**Problem statement:**
Return every record exactly as it appears. Leave nothing out.

(Stored items)
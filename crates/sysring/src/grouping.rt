// The order of steps that keeps groups of the log open.
ghost use Rattle.std.specs.Prelude.{◌≡◌, ◌<◌};
ghost use Rattle.sysring.specs.Origins.{processes_in};

use crate::session::Origin;
use crate::shared::Shared;
use crate::workers::is_move;
use blocks::Disk;
use kernel::Step;
use model::types::Why;
use ports::Herald;
use std::rt::Clock;
use std::sync::Wait;
use std::time::{Duration, Instant};

/// When a group of the log is closed that one more operation could join.
#[derive(Clone, Copy)]
pub struct Bound {
    /// Once so many of its answers were given; 0 is as 1.
    pub answers: u32,
    /// Or so long after the first of them.
    pub time: Duration,
}

// How many milliseconds a group stays open behind its first answer, as a commit with its syncs may
// take.
const LONGEST: u64 = 10;

// How often one of two processes joins the other before a third one does: they may well change the
// same blocks. Of 32 processes each has its turn within 1000 operations of the others.
const BURST: u32 = 30;

impl Bound {
    /// So many answers, and ten milliseconds.
    pub fn of(answers: u32) -> Bound
        ensures { result.answers ≡ answers }
    {
        Bound {
            answers,
            time: Duration::from_millis(LONGEST),
        }
    }
}

// Where the workers stand: they share it, so the order of steps is the same with any number of them.
#[derive(Clone, Copy)]
pub(crate) struct Order {
    // None where groups aren't kept open.
    pub(crate) bound: Option<Bound>,
    // The process whose turn comes next.
    next: u32,
    // The process that stands before the end of the last open operation.
    last: Option<u32>,
    // How many turns in a row brought no other operation before its end.
    passed: u32,
    // The process whose operation ended last, which comes next, and how often that may be so.
    again: Option<u32>,
    burst: u32,
    // How many answers of the open group were given.
    answers: u32,
    // When the first of them was given. None also where the clock can't be read.
    since: Option<Instant>,
}

impl Order {
    pub(crate) fn new(bound: Option<Bound>) -> Order {
        Order {
            bound,
            next: 0,
            last: None,
            passed: 0,
            again: None,
            burst: BURST,
            answers: 0,
            since: None,
        }
    }

    // The process whose turn comes.
    pub(crate) fn pass_on(&mut self, processes: u32) -> u32
        requires { 0 < processes }
        ensures { result < processes }
    {
        self.passed = self.passed.saturating_add(1);
        if let Some(pid) = self.again.take() {
            if pid < processes {
                return pid;
            }
        }
        let pid = if self.next < processes { self.next } else { 0 };
        self.next = pid.wrapping_add(1);
        pid
    }

    // Whether an operation stands before its end and keeps a group open.
    pub(crate) fn is_open(&self) -> bool {
        self.last.is_some()
    }

    // The process that stands before the end of the last open operation, where the group is closed
    // now: no other joined in a whole round, or the bound is reached.
    fn closing<R: Clock>(&self, clock: &R, processes: u32) -> Option<u32> {
        if self.passed > processes || self.is_due(clock) {
            return self.last;
        }
        None
    }

    // A process stands before its end, where another one stood until now.
    fn join(&mut self, pid: u32, before: Option<u32>) {
        self.last = Some(pid);
        self.passed = 0;
        if self.burst == 0 {
            self.burst = BURST;
        } else {
            self.burst -= 1;
            self.again = before;
        }
    }

    // Whether the open group has as many answers as the bound allows, or stays open for so long.
    fn is_due<R: Clock>(&self, clock: &R) -> bool {
        let Some(bound) = self.bound else {
            return true;
        };
        if self.answers == 0 {
            return false;
        }
        if self.answers >= bound.answers {
            return true;
        }
        match self.since.map(|since| since.elapsed(clock)) {
            Some(Ok(time)) => time >= bound.time,
            Some(Err(_)) | None => true,
        }
    }

    // The last operation ended, and with it the group, or not.
    fn count_end<R: Clock>(&mut self, clock: &R, is_closed: bool) {
        self.last = None;
        if is_closed {
            self.answers = 0;
            return;
        }
        if self.answers == 0 {
            self.since = Instant::now(clock).ok();
        }
        self.answers = self.answers.saturating_add(1);
    }
}

// Makes the turn of a process: the steps of its operation up to its end in the log, or to its
// answer where it is of no group. Who stood before its end until then ends now, and so the group stays
// open. It ends before, and the group with it, where it is due, or where the log has no room.
pub(crate) fn take_turn<D: Disk, H: Herald, K: Origin<D, H>, R: Wait + Clock>(
    rt: &R,
    shared: &Shared<D, H, K>,
    order: &mut Order,
    processes: u32,
    pid: u32,
) -> Step
    requires processes { processes ≡ processes_in K.outset }
    requires pid { pid < processes }
{
    let closing = order.closing(rt, processes);
    let closed = end(rt, shared, order, processes, closing);
    if order.last == Some(pid) {
        return Step::Idle;
    }
    let step = go_on(rt, shared, order, processes, pid);
    if !matches!(step, Step::Sleeping(Why::LogFull)) {
        return first_move(closed, step);
    }
    let last = order.last;
    let closed = end(rt, shared, order, processes, last);
    first_move(closed, go_on(rt, shared, order, processes, pid))
}

// Makes the steps of a process up to its end, and then ends who stood before its own.
fn go_on<D: Disk, H: Herald, K: Origin<D, H>, R: Wait + Clock>(
    rt: &R,
    shared: &Shared<D, H, K>,
    order: &mut Order,
    processes: u32,
    pid: u32,
) -> Step
    requires processes { processes ≡ processes_in K.outset }
    requires pid { pid < processes }
{
    let (step, is_before_end) = shared.advance(rt, pid);
    if !is_before_end {
        return step;
    }
    let last = order.last;
    let ended = end(rt, shared, order, processes, last);
    order.join(pid, last);
    first_move(step, ended)
}

// Ends the operation of this process, if one is named, with its group where no other is open.
fn end<D: Disk, H: Herald, K: Origin<D, H>, R: Wait + Clock>(
    rt: &R,
    shared: &Shared<D, H, K>,
    order: &mut Order,
    processes: u32,
    last: Option<u32>,
) -> Step
    requires processes { processes ≡ processes_in K.outset }
{
    match last {
        Some(pid) if pid < processes => {
            let (step, is_closed) = shared.end(rt, pid);
            order.count_end(rt, is_closed);
            step
        }
        _ => Step::Idle,
    }
}

// Of two steps the first, if it moved its process, or else the other.
fn first_move(first: Step, second: Step) -> Step {
    if is_move(first) { first } else { second }
}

**Result of the exercise:**
filename crates/sysring/src/grouping.rt
// The order of steps that keeps groups of the log open.
ghost use Rattle.std.specs.Prelude.{◌≡◌, ◌<◌};
ghost use Rattle.sysring.specs.Origins.{processes_in};

use crate::session::Origin;
use crate::shared::Shared;
use crate::workers::is_move;
use blocks::Disk;
use kernel::Step;
use model::types::Why;
use ports::Herald;
use std::rt::Clock;
use std::sync::Wait;
use std::time::{Duration, Instant};

/// When a group of the log is closed that one more operation could join.
#[derive(Clone, Copy)]
pub struct Bound {
    /// Once so many of its answers were given; 0 is as 1.
    pub answers: u32,
    /// Or so long after the first of them.
    pub time: Duration,
}

// How many milliseconds a group stays open behind its first answer, as a commit with its syncs may
// take.
const LONGEST: u64 = 10;

// How often one of two processes joins the other before a third one does: they may well change the
// same blocks. Of 32 processes each has its turn within 1000 operations of the others.
const BURST: u32 = 30;

impl Bound {
    /// So many answers, and ten milliseconds.
    pub fn of(answers: u32) -> Bound
        ensures { result.answers ≡ answers }
    {
        Bound {
            answers,
            time: Duration::from_millis(LONGEST),
        }
    }
}

// Where the workers stand: they share it, so the order of steps is the same with any number of them.
#[derive(Clone, Copy)]
pub(crate) struct Order {
    // None where groups aren't kept open.
    pub(crate) bound: Option<Bound>,
    // The process whose turn comes next.
    next: u32,
    // The process that stands before the end of the last open operation.
    last: Option<u32>,
    // How many turns in a row brought no other operation before its end.
    passed: u32,
    // The process whose operation ended last, which comes next, and how often that may be so.
    again: Option<u32>,
    burst: u32,
    // How many answers of the open group were given.
    answers: u32,
    // When the first of them was given. None also where the clock can't be read.
    since: Option<Instant>,
}

impl Order {
    pub(crate) fn new(bound: Option<Bound>) -> Order {
        Order {
            bound,
            next: 0,
            last: None,
            passed: 0,
            again: None,
            burst: BURST,
            answers: 0,
            since: None,
        }
    }

    // The process whose turn comes.
    pub(crate) fn pass_on(&mut self, processes: u32) -> u32
        requires { 0 < processes }
        ensures { result < processes }
    {
        self.passed = self.passed.saturating_add(1);
        if let Some(pid) = self.again.take() {
            if pid < processes {
                return pid;
            }
        }
        let pid = if self.next < processes { self.next } else { 0 };
        self.next = pid.wrapping_add(1);
        pid
    }

    // Whether an operation stands before its end and keeps a group open.
    pub(crate) fn is_open(&self) -> bool {
        self.last.is_some()
    }

    // The process that stands before the end of the last open operation, where the group is closed
    // now: no other joined in a whole round, or the bound is reached.
    fn closing<R: Clock>(&self, clock: &R, processes: u32) -> Option<u32> {
        if self.passed > processes || self.is_due(clock) {
            return self.last;
        }
        None
    }

    // A process stands before its end, where another one stood until now.
    fn join(&mut self, pid: u32, before: Option<u32>) {
        self.last = Some(pid);
        self.passed = 0;
        if self.burst == 0 {
            self.burst = BURST;
        } else {
            self.burst -= 1;
            self.again = before;
        }
    }

    // Whether the open group has as many answers as the bound allows, or stays open for so long.
    fn is_due<R: Clock>(&self, clock: &R) -> bool {
        let Some(bound) = self.bound else {
            return true;
        };
        if self.answers == 0 {
            return false;
        }
        if self.answers >= bound.answers {
            return true;
        }
        match self.since.map(|since| since.elapsed(clock)) {
            Some(Ok(time)) => time >= bound.time,
            Some(Err(_)) | None => true,
        }
    }

    // The last operation ended, and with it the group, or not.
    fn count_end<R: Clock>(&mut self, clock: &R, is_closed: bool) {
        self.last = None;
        if is_closed {
            self.answers = 0;
            return;
        }
        if self.answers == 0 {
            self.since = Instant::now(clock).ok();
        }
        self.answers = self.answers.saturating_add(1);
    }
}

// Makes the turn of a process: the steps of its operation up to its end in the log, or to its
// answer where it is of no group. Who stood before its end until then ends now, and so the group stays
// open. It ends before, and the group with it, where it is due, or where the log has no room.
pub(crate) fn take_turn<D: Disk, H: Herald, K: Origin<D, H>, R: Wait + Clock>(
    rt: &R,
    shared: &Shared<D, H, K>,
    order: &mut Order,
    processes: u32,
    pid: u32,
) -> Step
    requires processes { processes ≡ processes_in K.outset }
    requires pid { pid < processes }
{
    let closing = order.closing(rt, processes);
    let closed = end(rt, shared, order, processes, closing);
    if order.last == Some(pid) {
        return Step::Idle;
    }
    let step = go_on(rt, shared, order, processes, pid);
    if !matches!(step, Step::Sleeping(Why::LogFull)) {
        return first_move(closed, step);
    }
    let last = order.last;
    let closed = end(rt, shared, order, processes, last);
    first_move(closed, go_on(rt, shared, order, processes, pid))
}

// Makes the steps of a process up to its end, and then ends who stood before its own.
fn go_on<D: Disk, H: Herald, K: Origin<D, H>, R: Wait + Clock>(
    rt: &R,
    shared: &Shared<D, H, K>,
    order: &mut Order,
    processes: u32,
    pid: u32,
) -> Step
    requires processes { processes ≡ processes_in K.outset }
    requires pid { pid < processes }
{
    let (step, is_before_end) = shared.advance(rt, pid);
    if !is_before_end {
        return step;
    }
    let last = order.last;
    let ended = end(rt, shared, order, processes, last);
    order.join(pid, last);
    first_move(step, ended)
}

// Ends the operation of this process, if one is named, with its group where no other is open.
fn end<D: Disk, H: Herald, K: Origin<D, H>, R: Wait + Clock>(
    rt: &R,
    shared: &Shared<D, H, K>,
    order: &mut Order,
    processes: u32,
    last: Option<u32>,
) -> Step
    requires processes { processes ≡ processes_in K.outset }
{
    match last {
        Some(pid) if pid < processes => {
            let (step, is_closed) = shared.end(rt, pid);
            order.count_end(rt, is_closed);
            step
        }
        _ => Step::Idle,
    }
}

// Of two steps the first, if it moved its process, or else the other.
fn first_move(first: Step, second: Step) -> Step {
    if is_move(first) { first } else { second }
}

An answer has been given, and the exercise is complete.